Stored dataset items:
=== Begin Enclosure ===
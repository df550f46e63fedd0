//! The lists that a shard takes, in order of height and then source.

ghost use Rattle.std.specs.Prelude.{◌≡◌, ◌≤◌, ◌<◌, ◌+◌, ◌^◌, IfOk};
ghost use Rattle.nr_exchange.specs.Ports.{IsPortOf};
ghost use Rattle.nr_exchange.specs.SerialPlan.{serial_plan};
ghost use Rattle.nr_workers.specs.Taking.{IsInbox, Finds, done_after, source_after};

use nr_exchange::{Exchange, Parcel, Port, Serial};
use nr_ids::{Height, ShardId};
use nr_overlap::Phases;
use std::alloc::AllocError;

/// The port of a shard, with the list that it takes next: all lists of the first `done` heights are taken, and of the
/// height after them those of the sources before `source`.
#[derive(Drop)]
pub(crate) struct Inbox<P: Phases> {
    pub port: Port<Serial<P>>,
    pub done: u64,
    pub source: u32,
}

/// What `Inbox::take_next` found.
#[derive(Drop)]
pub(crate) enum Found<L> {
    /// The list of the next source, or nothing where it has no chunk.
    Passed(Option<L>),
    /// The list isn't published yet.
    Waits,
    /// All lists up to the height are taken.
    All,
}

impl<P: Phases> Inbox<P> {
    /// Goes on to the next source, and behind the last one to the next height.
    fn pass(&mut self, shards: u32)
        requires source { self.old.source < shards }
        requires done { self.old.done + 1 < 2 ^ 64 }
        ensures port { self.new.port ≡ self.old.port }
        ensures done { self.new.done ≡ done_after shards self.old.done self.old.source }
        ensures source { self.new.source ≡ source_after shards self.old.source }
    {
        if self.source + 1 < shards {
            self.source += 1;
        } else {
            self.source = 0;
            self.done += 1;
        }
    }

    /// Tries to take the next list of the heights up to `last`. A run that a source has abandoned is as good as want
    /// of memory.
    pub(crate) fn take_next(
        &mut self,
        phases: &P,
        exchange: &Exchange<Serial<P>>,
        last: u64,
    ) -> Result<Found<P::Parcel>, AllocError>
        requires run { phases.now ≡ exchange.now.run.0 }
        requires inbox { IsInbox P.rules exchange.now self.old }
        requires last { last ≤ (P.rules exchange.now.run.0).heights }
        ensures port { IsPortOf (serial_plan P.rules) exchange.now self.new.port }
        ensures inbox { IfOk result (λ found. IsInbox P.rules exchange.now self.new) }
        ensures shard { IfOk result (λ found. self.new.port.note.shard ≡ self.old.port.note.shard) }
        ensures number { IfOk result (λ found. self.new.port.note.number ≡ self.old.port.note.number) }
        ensures found { IfOk result (λ found. Finds (P.rules exchange.now.run.0) self.old.port.note.shard last
            self.old.done self.old.source found self.new.done self.new.source) }
    {
        if self.done >= last {
            return Ok(Found::All);
        }
        let shards = phases.shards();
        let source = ShardId(self.source);
        let height = Height(self.done + 1);
        if !phases.present(source, height) {
            self.pass(shards);
            return Ok(Found::Passed(None));
        }
        match self.port.try_take(exchange, source, height) {
            Ok(Parcel::Whole(list)) => {
                self.pass(shards);
                Ok(Found::Passed(Some(list)))
            }
            Ok(Parcel::Abandoned { published: _ }) => Err(AllocError),
            Err(_) => Ok(Found::Waits),
        }
    }
}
=== End Enclosure ===
Task prompt:
Copy the records above exactly, beginning at the line that contains "self.old.source < shards" and stopping after the line that contains "self.new.done ≡ done_after".

Output for this exercise:
        requires source { self.old.source < shards }
        requires done { self.old.done + 1 < 2 ^ 64 }
        ensures port { self.new.port ≡ self.old.port }
        ensures done { self.new.done ≡ done_after shards self.old.done self.old.source }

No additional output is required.